The current meta-analysis, which includes data on 8,536 participants, indicates that the PPARGC1A Ser482 allele may increase the risk of type 2 diabetes. It is possible, however, that publication bias may explain the observed association between this genetic variant and risk of type 2 diabetes. We could not detect any statistically significant association of the Gly482Ser polymorphism with BMI, fasting insulin or fasting glucose levels in a meta-analysis comprised of 4,486 normoglycaemic study participants.
Over the last 6 years the role of PPARGC1A in several aspects of energy expenditure, metabolism and glucose homeostasis has been elucidated. This has led to several studies assessing the association among polymorphisms, risk of type 2 diabetes and related metabolic traits. The only common non-synonymous change, the Gly482Ser polymorphism, has generated conflicting results. In this study we aimed to address this issue by performing a meta-analysis of the effect of the Gly482Ser polymorphism on type 2 diabetes, BMI, fasting insulin and fasting glucose levels.
In this meta-analysis, which included data from eight studies comprising 8,536 participants, there was evidence for a small linear effect of the Gly482Ser in type 2 diabetes risk (OR=1.07, p=0.044), despite the presence of marginal between-study heterogeneity (p=0.069). The summary odds ratio increased to 1.1 (p=0.004) and there was no between-study heterogeneity after elimination of one of the studies. We also found significant between-study heterogeneity in the quantitative trait analyses. However, in this analysis we found no statistically significant association between the Gly482Ser polymorphism and the three traits analysed (BMI, fasting insulin and fasting glucose). In each instance the heterogeneity observed in the association with type 2 diabetes or with the quantitative traits could be explained by a different constituent population of the meta-analysis. This heterogeneity could result from differences in other genetic and environmental factors between study populations, particularly in relation to selection and inclusion of participants and their demographic, metabolic and clinical characteristics. Other possible explanations for the observed between-study heterogeneity include genotype errors, publication bias, lack of statistical power to detect true effects and simple random variation around the true estimate of risk.

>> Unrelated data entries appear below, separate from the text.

//! The word of an instruction.

ghost use Rattle.std.specs.Prelude.{◌≡◌, ◌<◌, true, false, Some};
ghost use Rattle.avm_model.specs.Decode.{decoded, is_shift, FitsSigned, HasWord};

use crate::codes::{branch_code, load_code, product_code, register_code, store_code};
use crate::words::{assembled, branch_word, immediate_word, jump_word, store_word, upper_word};
use avm_model::{ImmOp, Inst};

/// The word of a shift by an amount from 0 to 31.
fn shift_word(op: ImmOp, rd: u8, rs1: u8, amount: u32) -> u32
    requires op { is_shift op ≡ true }
    requires rd { rd < 32 }
    requires rs1 { rs1 < 32 }
    requires amount { amount < 32 }
    ensures { decoded result ≡ Some (Inst.Imm op rd rs1 amount) }
{
    let (funct3, funct7) = match op {
        ImmOp::Slli => (1, 0),
        ImmOp::Srli => (5, 0),
        _ => (5, 32),
    };
    assembled(0x13, rd as u32, funct3, rs1 as u32, amount, funct7)
}

/// The word of any other operation on an immediate.
fn imm_word(op: ImmOp, rd: u8, rs1: u8, imm: u32) -> u32
    requires op { is_shift op ≡ false }
    requires rd { rd < 32 }
    requires rs1 { rs1 < 32 }
    requires imm { FitsSigned 12 imm }
    ensures { decoded result ≡ Some (Inst.Imm op rd rs1 imm) }
{
    let funct3 = match op {
        ImmOp::Addi => 0,
        ImmOp::Slti => 2,
        ImmOp::Sltiu => 3,
        ImmOp::Xori => 4,
        ImmOp::Ori => 6,
        _ => 7,
    };
    immediate_word(0x13, rd, funct3, rs1, imm)
}

/// The word of an instruction, which `decode` gives back; FENCE has the word `0000000f`.
///
/// Registers are below 32, and the immediate is one that the instruction's format can hold.
pub fn encode(inst: Inst) -> u32
    requires { HasWord inst }
    ensures word { decoded result ≡ Some inst }
    ensures fence { inst ≡ Inst.Fence → result ≡ 15 }
{
    match inst {
        Inst::Lui { rd, imm } => upper_word(0x37, rd, imm),
        Inst::Auipc { rd, imm } => upper_word(0x17, rd, imm),
        Inst::Jal { rd, imm } => jump_word(rd, imm),
        Inst::Jalr { rd, rs1, imm } => immediate_word(0x67, rd, 0, rs1, imm),
        Inst::Branch { op, rs1, rs2, imm } => branch_word(branch_code(op), rs1, rs2, imm),
        Inst::Load { op, rd, rs1, imm } => immediate_word(0x03, rd, load_code(op), rs1, imm),
        Inst::Store { op, rs1, rs2, imm } => store_word(store_code(op), rs1, rs2, imm),
        Inst::Imm { op, rd, rs1, imm } => match op {
            ImmOp::Slli | ImmOp::Srli | ImmOp::Srai => shift_word(op, rd, rs1, imm),
            _ => imm_word(op, rd, rs1, imm),
        },
        Inst::Op { op, rd, rs1, rs2 } => {
            let (funct3, funct7) = register_code(op);
            assembled(0x33, rd as u32, funct3, rs1 as u32, rs2 as u32, funct7)
        }
        Inst::Mul { op, rd, rs1, rs2 } => {
            let funct3 = product_code(op);
            assembled(0x33, rd as u32, funct3, rs1 as u32, rs2 as u32, 1)
        }
        Inst::Fence => 0x0000_000f,
        Inst::Ecall => 0x0000_0073,
        Inst::Ebreak => 0x0010_0073,
    }
}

The variable effect of the Gly482Ser polymorphism on type 2 diabetes risk and related quantitative traits between populations could also be explained by the presence of other functional variants in linkage disequilibrium (LD) with Gly482Ser. The amount of LD between these putative variants and Gly482Ser could vary between the different populations tested, hence accounting for the observed differences in the effect of Gly482Ser in diabetes association and in mean values for phenotypic traits between populations. Other possible explanations for the heterogeneity observed are gene–gene and gene-environment interactions such that the effect of the Gly482Ser polymorphism is different in different populations. Indeed, evidence for gene-environment interaction at this gene has been demonstrated [23–25]. Gene-environment interactions may lower the power to detect true associations when performing cross-sectional studies, including meta-analysis of cross-sectional studies, such as in this study.
In conclusion, our results, based on 8,536 study participants, suggest that the PPARGC1A Gly482Ser polymorphism is associated with risk of type 2 diabetes. However, larger scale studies are required to reliably confirm any association between this variant and the risk of type 2 diabetes.